▸ **WORK ITEM**
Report the count of lines below that include "register", without any other text.

▸ **DATA FOR PROCESSING**
// The figures in force and the waiting copy, and what a frame makes of them (01, "The bus"; Change 1).
#![tactic(auto)]

ghost use Rattle.std.specs.Prelude.{◌≡◌};
ghost use Rattle.register.specs.Number.{APPLY, RST};
ghost use Rattle.in_force.specs.InForce.{zero_steps, offered, setup_written, setup_acted};
ghost use Rattle.in_force.specs.Fits.{fits};

use figures::Calibration;
use refusal::Refusal;

// The figures in force, SZ as last written among them; the waiting copy, whose own SZ is not looked at; and the station.
#[repr(C)]
#[derive(Clone, Copy)]
pub struct Setup {
    pub figures: Calibration,
    pub copy: Calibration,
    pub station: u8,
}

// The steps that are written to SZ.
fn zero_steps(x: f32) -> i64
    ensures { result ≡ zero_steps x }
{
    binary32::received::count(register::range_of(register::SZ), x)
}

// Part by part, since the compiler asks a board for memcpy to assign them as one (include/converter.h names no symbol).
fn put(to: &mut Calibration, figures: &Calibration)
    ensures { to.new ≡ figures.now }
{
    to.cell = figures.cell;
    to.temperature = figures.temperature;
    to.linearity = figures.linearity;
    to.system = figures.system;
    to.filter = figures.filter;
}

impl Setup {
    // The copy as it would be in force: with no points past the count, beside the SZ in force.
    pub fn offered(&self) -> Calibration
        ensures { result ≡ offered self.now.figures.system.sz self.now.copy }
    {
        let mut figures = Calibration {
            cell: self.copy.cell,
            temperature: self.copy.temperature,
            linearity: self.copy.linearity,
            system: self.copy.system,
            filter: self.copy.filter,
        };
        panel::unused_zero(&mut figures);
        figures.system.sz = self.figures.system.sz;
        figures
    }

    // 99: the copy is put in force, if a sheet with its figures would be accepted.
    #[tactic(auto, using(refusal::proofs::Numbers::number_above), unfolding(crate::specs::InForce::copy_fits, crate::specs::InForce::applied, crate::specs::InForce::setup_acted))]
    pub fn apply(&mut self) -> Result<(), Refusal>
        ensures outcome { result ≡ fits self.old }
        ensures setup { self.new ≡ setup_acted self.old APPLY }
    {
        let figures = self.offered();
        sheet::judge(figures).map_err(|_| Refusal::UnfitCopy)?;
        put(&mut self.figures, &figures);
        Ok(())
    }

    // RST: the copy is set back to the figures in force.
    #[tactic(auto, unfolding(crate::specs::InForce::setup_acted))]
    pub fn restart(&mut self)
        ensures { self.new ≡ setup_acted self.old RST }
    {
        put(&mut self.copy, &self.figures);
        panel::unused_zero(&mut self.copy);
    }

    // SZ is in force at once; any other figure goes to the copy.
    #[tactic(auto, unfolding(crate::specs::InForce::setup_written))]
    pub fn write(&mut self, register: u32, x: f32)
        ensures { self.new ≡ setup_written self.old register x }
    {
        if register == register::SZ {
            self.figures.system.sz = zero_steps(x);
        } else if panel::is_figure(register) {
            panel::write(&mut self.copy, register, x);
        }
    }
}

▸ **EXERCISE RESPONSE**
7